* [WORK ITEM]:
Please write out exactly the lines that begin at the line containing "has this place." and run to the end of the records.

*** SOURCE DATA ***

ghost use Rattle.std.specs.Prelude.{◌≡◌, ◌≢◌, ◌⊎◌, ℕ, true, Ok, IfOk, IfErr, IsTrue, map};
ghost use Rattle.std.specs.List.Sorted.{IsPermutation, IsSortedByKey};
ghost use Rattle.std.specs.Vec.{vec_len};
ghost use Rattle.mr_model.specs.Writes.{Write as WriteOfRoom, id_of, is_write};
ghost use Rattle.mr_model.specs.Replay.{Place as PlaceOfWrite};
ghost use Rattle.mr_model.specs.Replica.{Replica, IsReplica};
ghost use Rattle.mr_model.specs.Tables.{kept, log_row, log_row_with};
ghost use Rattle.mr_base.specs.Answers.{OrOutOfMemory};
ghost use Rattle.mr_replay.specs.Places.{place_seen};
ghost use Rattle.mr_base.specs.Actions.{action_of};
ghost use Rattle.mr_tables.specs.Cells.{action_cells};
ghost use Rattle.mr_part.specs.WithoutChoices.{without_choices, kept_without_choices, is_of_cells, is_of_row};
ghost use Rattle.mr_part.specs.KeptRows.{kept_row_with, kept_row as kept_row_of, row_writes, row_undos, run_place, run_cmp};

use mr_base::{Action, Refusal, ServerId, Write, WriteId};
use mr_replay::{Place, UndoRow};
use mr_tables::reading::write_of;
use mr_tables::{ActionCells, LogRow};
use std::alloc::Global;

/// A kept write as `log` tells it. `seq` is its commit number, 0 if it is tentative. One that a batch brings has no place until it is
/// executed, and is held as logged.
#[derive(Drop)]
pub struct KeptRow {
    pub write: Write,
    pub undo: UndoRow,
    pub seq: u64,
}

/// Where a kept write stands in the order of execution.
#[derive(Clone, Copy, PartialEq, Eq, PartialOrd, Ord)]
pub struct RunPlace {
    pub is_tentative: bool,
    pub seq: u64,
    pub time: u64,
    pub server: ServerId,
}

impl KeptRow {
    /// The id of its write.
    pub fn id(&self) -> WriteId
        ensures { result ≡ id_of self.now.write }
    {
        let write = &self.write;
        write.stamp.id()
    }

    /// An equal row.
    pub(crate) fn copy(&self, alloc: Global) -> Result<KeptRow, Refusal>
        ensures copy { IfOk result (λ copy. copy ≡ self.now) }
        ensures only { IfErr result (λ e. e ≡ Refusal.OutOfMemory) }
    {
        Ok(KeptRow {
            write: self.write.copy(alloc)?,
            undo: self.undo,
            seq: self.seq,
        })
    }

    /// Its place in the order of execution.
    pub(crate) fn place(&self) -> RunPlace
        ensures { result ≡ run_place self.now }
    {
        let stamp = self.write.stamp;
        RunPlace {
            is_tentative: self.seq == 0,
            seq: self.seq,
            time: stamp.time,
            server: stamp.server,
        }
    }
}

/// Puts the rows into the order of execution.
pub fn sort_rows(rows: &mut Vec<KeptRow>)
    ensures moved { IsPermutation rows.old.items rows.new.items }
    ensures len { vec_len rows.new ≡ vec_len rows.old }
    ensures sorted { IsSortedByKey run_place run_cmp rows.new.items }
{
    rows.sort_unstable_by_key(|row| row.place());
}

/// The kept writes of the rows of `log`, in the order of these. Refused if a row is that of no write.
pub fn kept_rows(alloc: Global, logs: &[LogRow]) -> Result<Vec<KeptRow>, Refusal>
    ensures rows { (a : Replica) → IsReplica a → logs.now ≡ map (log_row a) (kept a) → IfOk result (λ rows. rows.items ≡ map (kept_row_of a) (kept a)) }
    ensures only { (a : Replica) → IsReplica a → logs.now ≡ map (log_row a) (kept a) → IfErr result (λ e. e ≡ Refusal.OutOfMemory) }
    ensures told { IfOk result (λ rows. map kept_without_choices rows.items ≡ map without_choices logs.now) }
{
    let mut rows = Vec::new(alloc);
    for log in logs {
        match kept_row(alloc, log) {
            Ok(row) => rows.push(row)?,
            Err(refusal) => return Err(refusal),
        }
    }
    Ok(rows)
}

/// The kept write of a row of `log`. Refused if it is that of no write.
pub fn kept_row(alloc: Global, log: &LogRow) -> Result<KeptRow, Refusal>
    ensures read { (w : WriteOfRoom) (place : PlaceOfWrite) (seq : ℕ) → IsTrue (is_write w) → log.now ≡ log_row_with w place seq
        → OrOutOfMemory result (Ok (kept_row_with w seq place)) }
    ensures told { IfOk result (λ row. kept_without_choices row ≡ without_choices log.now) }
{
    match write_of(alloc, log) {
        Ok(write) => kept_of(write, log),
        Err(refusal) => Err(refusal),
    }
}

/// The kept write of a row of `log` that was read as this write. All columns but the choices are compared.
fn kept_of(write: Write, log: &LogRow) -> Result<KeptRow, Refusal>
    ensures kept { is_of_row write log.now ≡ true → result ≡ Ok (kept_row_with write log.now.seq log.now.place) }
    ensures told { IfOk result (λ row. kept_without_choices row ≡ without_choices log.now) }
{
    if !is_of_row(&write, log) {
        return Err(Refusal::Store);
    }
    Ok(kept_with(write, log.place, log.seq))
}

/// Whether the write is that of the row but for the choices.
fn is_of_row(write: &Write, log: &LogRow) -> bool
    ensures { result ≡ is_of_row write.now log.now }
{
    let stamp = write.stamp;
    stamp.id() == log.id()
        && stamp.time == log.time
        && write.room.as_str() == log.room.as_str()
        && is_of_cells(&write.action, &log.action)
}

/// Whether the action is that of the cells but for the choices.
fn is_of_cells(action: &Action, cells: &ActionCells) -> bool
    ensures { result ≡ is_of_cells (action_of action.now) (action_cells cells.now) }
{
    match (action, cells) {
        (Action::Books(meeting), ActionCells::OfMeeting(cells)) => {
            meeting.length == cells.length && meeting.title.as_str() == cells.title.as_str()
        }
        (Action::Cancels(target), ActionCells::OfCancel(other)) => *target == *other,
        _ => false,
    }
}

/// The row of a write that has this place.
pub(crate) fn kept_with(write: Write, place: Place, seq: u64) -> KeptRow
    ensures { result ≡ kept_row_with write seq (place_seen place) }
{
    let undo = UndoRow::of(&write, place);
    KeptRow { write, undo, seq }
}

/// Copies of the writes of rows.
pub fn copied_writes(alloc: Global, rows: &[KeptRow]) -> Result<Vec<Write>, Refusal>
    ensures writes { IfOk result (λ writes. writes.items ≡ row_writes rows.now) }
    ensures only { IfErr result (λ e. e ≡ Refusal.OutOfMemory) }
{
    let mut writes = Vec::new(alloc);
    for row in rows {
        writes.push(row.write.copy(alloc)?)?;
    }
    Ok(writes)
}

/// What undoes the writes of rows.
pub fn undo_rows(alloc: Global, rows: &[KeptRow]) -> Result<Vec<UndoRow>, Refusal>
    ensures rows { IfOk result (λ undo. undo.items ≡ row_undos rows.now) }
    ensures only { IfErr result (λ e. e ≡ Refusal.OutOfMemory) }
{
    let mut undo = Vec::new(alloc);
    for row in rows {
        undo.push(row.undo)?;
    }
    Ok(undo)
}

/// The ids of the writes of rows.
pub fn row_ids(alloc: Global, rows: &[KeptRow]) -> Result<Vec<WriteId>, Refusal>
    ensures ids { IfOk result (λ ids. ids.items ≡ map id_of (row_writes rows.now)) }
    ensures only { IfErr result (λ e. e ≡ Refusal.OutOfMemory) }
{
    let mut ids = Vec::new(alloc);
    for row in rows {
        ids.push(row.id())?;
    }
    Ok(ids)
}

/// What a refusal of a row's part is reported as: the store's, or out of memory.
pub fn of_store(refusal: Refusal) -> Refusal
    ensures memory { refusal ≡ Refusal.OutOfMemory → result ≡ Refusal.OutOfMemory }
    ensures store { refusal ≢ Refusal.OutOfMemory → result ≡ Refusal.Store }
    ensures cause { (result ≡ Refusal.OutOfMemory) ⊎ (result ≡ Refusal.Store) }
{
    match refusal {
        Refusal::OutOfMemory => Refusal::OutOfMemory,
        _ => Refusal::Store,
    }
}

*** End of SOURCE DATA ***

* [COMPLETED TASK]:
/// The row of a write that has this place.
pub(crate) fn kept_with(write: Write, place: Place, seq: u64) -> KeptRow
    ensures { result ≡ kept_row_with write seq (place_seen place) }
{
    let undo = UndoRow::of(&write, place);
    KeptRow { write, undo, seq }
}

/// Copies of the writes of rows.
pub fn copied_writes(alloc: Global, rows: &[KeptRow]) -> Result<Vec<Write>, Refusal>
    ensures writes { IfOk result (λ writes. writes.items ≡ row_writes rows.now) }
    ensures only { IfErr result (λ e. e ≡ Refusal.OutOfMemory) }
{
    let mut writes = Vec::new(alloc);
    for row in rows {
        writes.push(row.write.copy(alloc)?)?;
    }
    Ok(writes)
}

/// What undoes the writes of rows.
pub fn undo_rows(alloc: Global, rows: &[KeptRow]) -> Result<Vec<UndoRow>, Refusal>
    ensures rows { IfOk result (λ undo. undo.items ≡ row_undos rows.now) }
    ensures only { IfErr result (λ e. e ≡ Refusal.OutOfMemory) }
{
    let mut undo = Vec::new(alloc);
    for row in rows {
        undo.push(row.undo)?;
    }
    Ok(undo)
}

/// The ids of the writes of rows.
pub fn row_ids(alloc: Global, rows: &[KeptRow]) -> Result<Vec<WriteId>, Refusal>
    ensures ids { IfOk result (λ ids. ids.items ≡ map id_of (row_writes rows.now)) }
    ensures only { IfErr result (λ e. e ≡ Refusal.OutOfMemory) }
{
    let mut ids = Vec::new(alloc);
    for row in rows {
        ids.push(row.id())?;
    }
    Ok(ids)
}

/// What a refusal of a row's part is reported as: the store's, or out of memory.
pub fn of_store(refusal: Refusal) -> Refusal
    ensures memory { refusal ≡ Refusal.OutOfMemory → result ≡ Refusal.OutOfMemory }
    ensures store { refusal ≢ Refusal.OutOfMemory → result ≡ Refusal.Store }
    ensures cause { (result ≡ Refusal.OutOfMemory) ⊎ (result ≡ Refusal.Store) }
{
    match refusal {
        Refusal::OutOfMemory => Refusal::OutOfMemory,
        _ => Refusal::Store,
    }
}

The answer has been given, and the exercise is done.